How to Download, Parse, and Visualize XML Sitemaps

data visualization
analytics
SEO
XML sitemaps
URLs
plotly
A Python script using advertools to download, parse, and save the sitemap to a CSV file. We will also visualize the URL structure and publishing trends of the website

In this guide we will build a script where you provide the URL of a robots.txt file, and it will extract the sitemap(s) in it, convert and save it to a CSV file, and produce two visualizations, both of which will be saved to HTML files. Feel free to modify the defaults.

Prerequisites

Although you need Python and advertools installed, this will all be handled by uv, so the main prerequisite that you need to take care of is installing uv.

Run the imports

from urllib.parse import urlsplit

import advertools as adv
import adviz
import pandas as pd

Define the variable robots_url with any robots.txt file you want

robots_url = "https://brightonseo.com/robots.txt"
domain = urlsplit(robots_url).netloc.replace(".", "_")

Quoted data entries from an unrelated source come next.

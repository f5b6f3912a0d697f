ghost use Rattle.std.specs.Prelude.{◌≡◌};
ghost use Rattle.formatter.specs.Fallbacks.{fallback_number, fallback_name, fallback_layer, fallback_from};

use refusal::{DeepError, Layer, ParseError, Refusal, Told};

// Why a template cannot stand for every name: it is at fault, or it asks for a capture above 0.
#[derive(Clone, Copy, Debug, PartialEq, Eq)]
pub enum FallbackParseError {
    MaxCaptureTooLarge(u32),
    FormatterParseError(ParseError<DeepError>),
}

impl Refusal for FallbackParseError {
    ghost numbered = { fallback_number };

    ghost named = { fallback_name };

    ghost within = { fallback_layer };

    fn told(&self) -> Told {
        match *self {
            FallbackParseError::MaxCaptureTooLarge(_) => Told::new(
                15,
                "MaxCaptureTooLarge",
                Layer::Book,
            ),
            FallbackParseError::FormatterParseError(e) => e.told(),
        }
    }
}

impl From<ParseError<DeepError>> for FallbackParseError {
    ghost from_gives = { λ e r. r ≡ fallback_from e };

    fn from(e: ParseError<DeepError>) -> FallbackParseError {
        FallbackParseError::FormatterParseError(e)
    }
}
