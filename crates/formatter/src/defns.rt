use templates::FormatterConst;

// A template all of whose separators are templates, with the greatest capture among its pieces and in its separators.
#[derive(Clone, Copy)]
pub struct Formatter<'a> {
    pub parts: FormatterConst<'a>,
    pub max_capture: Option<u32>,
}
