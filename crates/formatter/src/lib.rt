// The whole reading of a template, its separators read too.
#![tactic(auto)]

mod defns;
mod error;
mod halves;
mod parse;

pub use defns::Formatter;
pub use error::FallbackParseError;
pub use halves::halve;
pub use parse::{parse_fallback, parse_formatter};
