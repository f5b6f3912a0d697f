ghost use Rattle.std.specs.Prelude.{◌≡◌, ◌++◌, length, drop, if◌then◌else◌, Some, None, nat_le};
ghost use Rattle.grammar.specs.Marks.{halve as halved};

use controls::Halved;

// Writes the text with its pairs of `mark` halved, and answers how many bytes that are. Where the text itself
// would not fit, nothing is written.
pub fn halve(text: &[u8], mark: u8, out: &mut [u8]) -> Option<usize>
    ensures size { result ≡ (if nat_le (length text.now) (length out.old) then Some (length (halved mark text.now)) else None) }
    ensures bytes { out.new ≡ (if nat_le (length text.now) (length out.old) then halved mark text.now ++ drop (length (halved mark text.now)) out.old else out.old) }
{
    if text.len() > out.len() {
        return None;
    }
    // by number: of bytes that are written through `iter_mut` a proof knows nothing, and the number is the answer
    let mut size = 0;
    for b in Halved::of(text, mark) {
        out[size] = b;
        size += 1;
    }
    Some(size)
}
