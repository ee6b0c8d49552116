//! Parameters, and why there are none.

ghost use Rattle.std.specs.Prelude.{◌≡◌};
ghost use Rattle.inf_file.specs.declared.param.ParamRefusal.TheVariants.{OutOfMemory};

use nd_base::Wide;
use thiserror::Error;

/// A parameter of a network adapter: its name, as it was first spelled, and its value.
#[derive(Debug, Drop)]
pub struct Param {
    pub name: Wide,
    pub value: ParamValue,
}

/// The value of a parameter, REG_SZ or REG_DWORD.
#[derive(Debug, Drop)]
pub enum ParamValue {
    Text(Wide),
    Number(u32),
}

/// Why an INF file gives a hardware id no parameters: the first of these, in this order. Lines are
/// numbered from 1.
#[derive(Clone, Copy, Debug, PartialEq, Eq, Error)]
pub enum ParamRefusal {
    /// Want of memory.
    #[error("out of memory")]
    OutOfMemory,
    /// No line of `[Version]` has a signature of Windows.
    #[error("the INF has no signature of Windows")]
    NoVersion,
    /// No model line has the hardware id.
    #[error("the INF has no model of the hardware id")]
    NoModel,
    /// The install section that the model line names does not exist.
    #[error("the INF has no install section of the model")]
    NoInstall,
    /// The first line that is read and has a `%key%` with no string.
    #[error("line {0} of the INF has a key that is not in its strings")]
    NoString(u32),
    /// The first row whose number is none below 2^32.
    #[error("line {0} of the INF has no number as its value")]
    BadValue(u32),
}

impl From<nd_base::OutOfMemory> for ParamRefusal {
    ghost from_gives = { λ _ e. e ≡ OutOfMemory };

    fn from(_error: nd_base::OutOfMemory) -> ParamRefusal {
        ParamRefusal::OutOfMemory
    }
}
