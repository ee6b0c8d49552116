//! The strings of an INF file, and their replacement.

ghost use Rattle.std.specs.Prelude.{◌≡◌, ◌<◌, ◌≤◌, ◌++◌, ◌∷◌, [], length, MatchOption, IfOk, IfSome, OnOk};
ghost use Rattle.std.specs.List.{slice_split, list_any, list_all};
ghost use Rattle.std.specs.Option.{option_copied};
ghost use Rattle.inf_file.specs.Keyed.{string_in, or_string};
ghost use Rattle.inf_file.specs.Strings.{with_string, strings_of, is_percent, is_digit, meaning, replaced, is_missing, lacks_string, key_lacks, line_lacks};
ghost use Rattle.inf_text.specs.Sections.{value_at};

use indexmap::IndexMap;
use inf_text::{Line, Name, part_at};
use nd_base::{OutOfMemory, Wide};
use std::alloc::Global;
use std::marker::Model;

pub const PERCENT: u16 = 37;

/// The strings under their keys.
#[derive(Drop)]
pub struct Strings {
    table: IndexMap<Name, Wide>,
}

impl Model for Strings {
    ghost use Rattle.std.specs.Prelude.{ℕ, List};

    ghost Value = { List (List ℕ × List ℕ) };

    ghost view = { λ s. s.table.entries };
}

/// Whether a key is decimal digits alone.
fn is_number(key: &[u16]) -> bool
    ensures { result ≡ list_all is_digit key.now }
{
    key.iter().all(|unit| (48..58).contains(unit))
}

/// What stands before the first two percent signs, between them and behind them.
pub fn next_key(text: &[u16]) -> Option<(&[u16], &[u16], &[u16])>
    ensures cases { MatchOption result (length (slice_split is_percent text.now) ≤ 2) (λ x. slice_split is_percent text.now ≡ x.0.now ∷ (x.1.now ∷ slice_split is_percent x.2.now)) }
    ensures shorter { IfSome result (λ x. length x.2.now < length text.now) }
{
    let (plain, rest) = part_at(PERCENT, text)?;
    let (key, behind) = part_at(PERCENT, rest)?;
    Some((plain, key, behind))
}

/// Puts a key with its percent signs behind a text.
fn put_itself(out: &mut Wide, key: &[u16]) -> Result<(), OutOfMemory>
    ensures { OnOk result (out.new ≡ out.old ++ (37 ∷ (key.now ++ 37 ∷ []))) }
{
    out.push(PERCENT)?;
    out.extend_from_slice(key)?;
    out.push(PERCENT)
}

impl Strings {
    /// The strings of the lines of `[Strings]`.
    #[tactic(auto, using(crate::proofs::StringLaws::no_strings_in), unfolding(crate::specs::Strings::strings_of))]
    pub fn of(alloc: Global, lines: &[Line]) -> Result<Strings, OutOfMemory>
        ensures { IfOk result (λ s. string_in s ≡ strings_of lines.now) }
    {
        let mut strings = Strings {
            table: IndexMap::new(alloc),
        };
        for line in lines {
            strings.add(alloc, line)?;
        }
        Ok(strings)
    }

    fn add(&mut self, alloc: Global, line: &Line) -> Result<(), OutOfMemory>
        ensures { OnOk result (string_in self.new ≡ with_string (string_in self.old) line.now) }
    {
        match line.key() {
            Some(key) => self.add_string(alloc, key, line.value_at(0)),
            None => Ok(()),
        }
    }

    /// Adds the string of a key, where the key is new.
    #[tactic(auto, using(crate::proofs::StringLaws::or_string_old, crate::proofs::StringLaws::or_string_new))]
    fn add_string(&mut self, alloc: Global, key: &[u16], text: &[u16]) -> Result<(), OutOfMemory>
        ensures { OnOk result (string_in self.new ≡ or_string (string_in self.old) key.now text.now) }
    {
        let name = Name::new(Wide::copy(alloc, key)?);
        if self.table.contains_key(&name) {
            return Ok(());
        }
        let text = Wide::copy(alloc, text)?;
        self.table.insert(name, text)?;
        Ok(())
    }

    /// The string of a key.
    #[tactic(auto, unfolding(crate::specs::Keyed::string_in))]
    fn get(&self, alloc: Global, key: &[u16]) -> Result<Option<&Wide>, OutOfMemory>
        ensures { IfOk result (λ o. option_copied o ≡ string_in self.now key.now) }
    {
        let name = Name::new(Wide::copy(alloc, key)?);
        Ok(self.table.get(&name))
    }

    /// Puts what stands for a key behind a text.
    #[tactic(auto, unfolding(crate::specs::Strings::meaning))]
    fn put_meaning(&self, alloc: Global, out: &mut Wide, key: &[u16]) -> Result<(), OutOfMemory>
        ensures { OnOk result (out.new ≡ out.old ++ meaning (string_in self.now) key.now) }
    {
        if key.is_empty() {
            return out.push(PERCENT);
        }
        match self.get(alloc, key)? {
            Some(text) => out.extend_from_slice(text.as_slice()),
            None => put_itself(out, key),
        }
    }

    /// A text with its keys replaced.
    #[tactic(auto, using(crate::proofs::StringLaws::replaced_more, crate::proofs::StringLaws::replaced_end))]
    pub fn replaced(&self, alloc: Global, text: &[u16]) -> Result<Wide, OutOfMemory>
        ensures { IfOk result (λ out. out ≡ replaced (string_in self.now) text.now) }
    {
        let mut out = Wide::new(alloc);
        let mut rest = text;
        while let Some((plain, key, behind)) = next_key(rest) {
            out.extend_from_slice(plain)?;
            self.put_meaning(alloc, &mut out, key)?;
            rest = behind;
        }
        out.extend_from_slice(rest)?;
        Ok(out)
    }

    /// A value of a line, from 0, with its keys replaced.
    pub fn value(&self, alloc: Global, line: &Line, n: usize) -> Result<Wide, OutOfMemory>
        ensures { IfOk result (λ out. out ≡ replaced (string_in self.now) (value_at n line.now)) }
    {
        self.replaced(alloc, line.value_at(n))
    }

    /// Whether a key has no string and is no number.
    #[tactic(auto, unfolding(crate::specs::Strings::is_missing))]
    fn is_missing(&self, alloc: Global, key: &[u16]) -> Result<bool, OutOfMemory>
        ensures { IfOk result (λ b. b ≡ is_missing (string_in self.now) key.now) }
    {
        if key.is_empty() || is_number(key) {
            return Ok(false);
        }
        Ok(self.get(alloc, key)?.is_none())
    }

    /// Whether a text lacks a string.
    #[tactic(auto, using(crate::proofs::StringLaws::lacks_more, crate::proofs::StringLaws::lacks_found, crate::proofs::StringLaws::lacks_last))]
    fn lacks_string(&self, alloc: Global, text: &[u16]) -> Result<bool, OutOfMemory>
        ensures { IfOk result (λ b. b ≡ lacks_string (string_in self.now) text.now) }
    {
        let mut rest = text;
        while let Some((_plain, key, behind)) = next_key(rest) {
            if self.is_missing(alloc, key)? {
                return Ok(true);
            }
            rest = behind;
        }
        Ok(false)
    }

    /// Whether one of the values lacks a string.
    fn values_lack(&self, alloc: Global, values: &[Wide]) -> Result<bool, OutOfMemory>
        ensures { IfOk result (λ b. b ≡ list_any (lacks_string (string_in self.now)) values.now) }
    {
        for value in values {
            if self.lacks_string(alloc, value.as_slice())? {
                return Ok(true);
            }
        }
        Ok(false)
    }

    fn key_lacks(&self, alloc: Global, line: &Line) -> Result<bool, OutOfMemory>
        ensures { IfOk result (λ b. b ≡ key_lacks (string_in self.now) line.now.key) }
    {
        match line.key() {
            Some(key) => self.lacks_string(alloc, key),
            None => Ok(false),
        }
    }

    /// Whether a line lacks a string.
    #[tactic(auto, unfolding(crate::specs::Strings::line_lacks))]
    pub fn line_lacks(&self, alloc: Global, line: &Line) -> Result<bool, OutOfMemory>
        ensures { IfOk result (λ b. b ≡ line_lacks (string_in self.now) line.now) }
    {
        if self.key_lacks(alloc, line)? {
            return Ok(true);
        }
        self.values_lack(alloc, line.values())
    }
}
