//! Lists of lines.

ghost use Rattle.std.specs.Prelude.{◌≡◌, ◌++◌, ◌∷◌, map, None, if◌then◌else◌, IfOk, OnOk};
ghost use Rattle.std.specs.Option.{option_copied};
ghost use Rattle.inf_file.specs.Earliest.{earlier};
ghost use Rattle.inf_file.specs.Parameters.{lines_of_all, lines_read, directives_of};

use crate::source::Source;
use inf_text::Line;
use nd_base::OutOfMemory;
use std::alloc::Global;

/// Of two lines the one that stands first in the file.
fn earlier<'a>(best: Option<&'a Line>, line: &'a Line) -> Option<&'a Line>
    ensures { option_copied result ≡ earlier (option_copied best.entry) line.now }
{
    match best {
        None => Some(line),
        Some(first) => {
            if line.number() < first.number() {
                Some(line)
            } else {
                Some(first)
            }
        }
    }
}

/// The same where the second line passes a test, and else the first one.
pub fn earlier_if<'a>(passes: bool, best: Option<&'a Line>, line: &'a Line) -> Option<&'a Line>
    ensures { option_copied result ≡ (if passes then earlier (option_copied best.entry) line.now else option_copied best.entry) }
{
    if passes { earlier(best, line) } else { best }
}

/// Puts lines behind the last one.
fn push_lines<'a>(found: &mut Vec<&'a Line>, lines: &'a [Line]) -> Result<(), OutOfMemory>
    ensures { OnOk result (map (λ l. l.now) found.new.items ≡ map (λ l. l.now) found.old.items ++ lines.now) }
{
    for line in lines {
        found.push(line)?;
    }
    Ok(())
}

/// The lines of the sections at these places, one section after the other.
pub fn lines_of_all<'a>(source: &Source<'a>, places: &[usize]) -> Result<Vec<&'a Line>, OutOfMemory>
    ensures { IfOk result (λ v. map (λ l. l.now) v.items ≡ lines_of_all source.now.inf.now places.now) }
{
    let mut found = Vec::new(source.alloc);
    for place in places {
        push_lines(&mut found, source.inf.lines_at(*place))?;
    }
    Ok(found)
}

/// The AddReg directives among lines.
pub fn directives_of(alloc: Global, lines: &[Line]) -> Result<Vec<&Line>, OutOfMemory>
    ensures { IfOk result (λ v. map (λ l. l.now) v.items ≡ directives_of lines.now) }
{
    let mut found = Vec::new(alloc);
    for line in lines {
        if line.has_key(b"AddReg") {
            found.push(line)?;
        }
    }
    Ok(found)
}

/// The lines that are read: those of the manufacturers, the model's, the AddReg directives and the
/// rows.
pub fn lines_read<'a>(
    alloc: Global,
    makers: &'a [Line],
    model: &'a Line,
    directives: &[&'a Line],
    rows: &[&'a Line],
) -> Result<Vec<&'a Line>, OutOfMemory>
    ensures { IfOk result (λ v. map (λ l. l.now) v.items ≡ lines_read makers.now model.now (map (λ l. l.now) directives.now) (map (λ l. l.now) rows.now)) }
{
    let mut read = Vec::new(alloc);
    push_lines(&mut read, makers)?;
    read.push(model)?;
    read.extend_from_slice(directives)?;
    read.extend_from_slice(rows)?;
    Ok(read)
}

Fetch the sitemap(s) from the robots file

sitemap = adv.sitemap_to_df(robots_url)
sitemap.head()
2024-12-25 16:27:55,343 | INFO | sitemaps.py:623 | sitemap_to_df | Getting https://brightonseo.com/sitemap.xml
loc lastmod sitemap sitemap_size_mb download_date
0 https://brightonseo.com 2024-12-16 11:34:32+00:00 https://brightonseo.com/sitemap.xml 0.200686 2024-12-25 16:27:55.358044+00:00
1 https://brightonseo.com/ssas-october-2024 2024-12-10 14:47:25+00:00 https://brightonseo.com/sitemap.xml 0.200686 2024-12-25 16:27:55.358044+00:00
2 https://brightonseo.com/measurefest-october-2025 2024-12-10 15:10:42+00:00 https://brightonseo.com/sitemap.xml 0.200686 2024-12-25 16:27:55.358044+00:00
3 https://brightonseo.com/training 2024-07-08 15:43:40+00:00 https://brightonseo.com/sitemap.xml 0.200686 2024-12-25 16:27:55.358044+00:00
4 https://brightonseo.com/ssas 2024-12-10 14:46:46+00:00 https://brightonseo.com/sitemap.xml 0.200686 2024-12-25 16:27:55.358044+00:00

Visualize the website’s URL structure

url_structure = adviz.url_structure(
    sitemap["loc"],
    title=f"{domain.replace('_', '.')} URL Structure",
    domain=domain.replace("_", "."),
    theme='flatly')
url_structure

Save the chart to an HTML file

url_structure.write_html(f"{domain}_url_structure.html")

Save the chart to an HTML file

pub_trend.write_html(f"{domain}_pub_trends.html")

Save the DataFrame to a CSV file

sitemap.to_csv(f"{domain}_sitemap.csv", index=False)

Putting all together

The full steps are combined in one self-contained script ready to go.

adv_sitemaps.py
# /// script
# requires-python = ">=3.12"
# dependencies = [
#     "adviz",
# ]
# ///

import sys
from urllib.parse import urlsplit

import advertools as adv
import adviz


if __name__ == "__main__":
    robots_url = sys.argv[1]
    domain = urlsplit(robots_url).netloc.replace(".", "_")
    sitemap = adv.sitemap_to_df(robots_url)
    url_structure = adviz.url_structure(sitemap["loc"], title=f"{domain.replace('_', '.')} URL Structure", height=None)
    url_structure.write_html(f"{domain}_url_structure.html")
    pub_trend = adviz.ecdf(sitemap, x="lastmod", hover_name="loc", title=f"{domain.replace('_', '.')} Publishing Trends")
    pub_trend.write_html(f"{domain}_pub_trends.html")
    sitemap.to_csv(f"{domain}_sitemap.csv", index=False)

Having saved the above file, you can now simply run it using uv as follows:

uv run adv_sitemaps.py https://example.com/robots.txt

Just replace with the robots.txt URL of interest.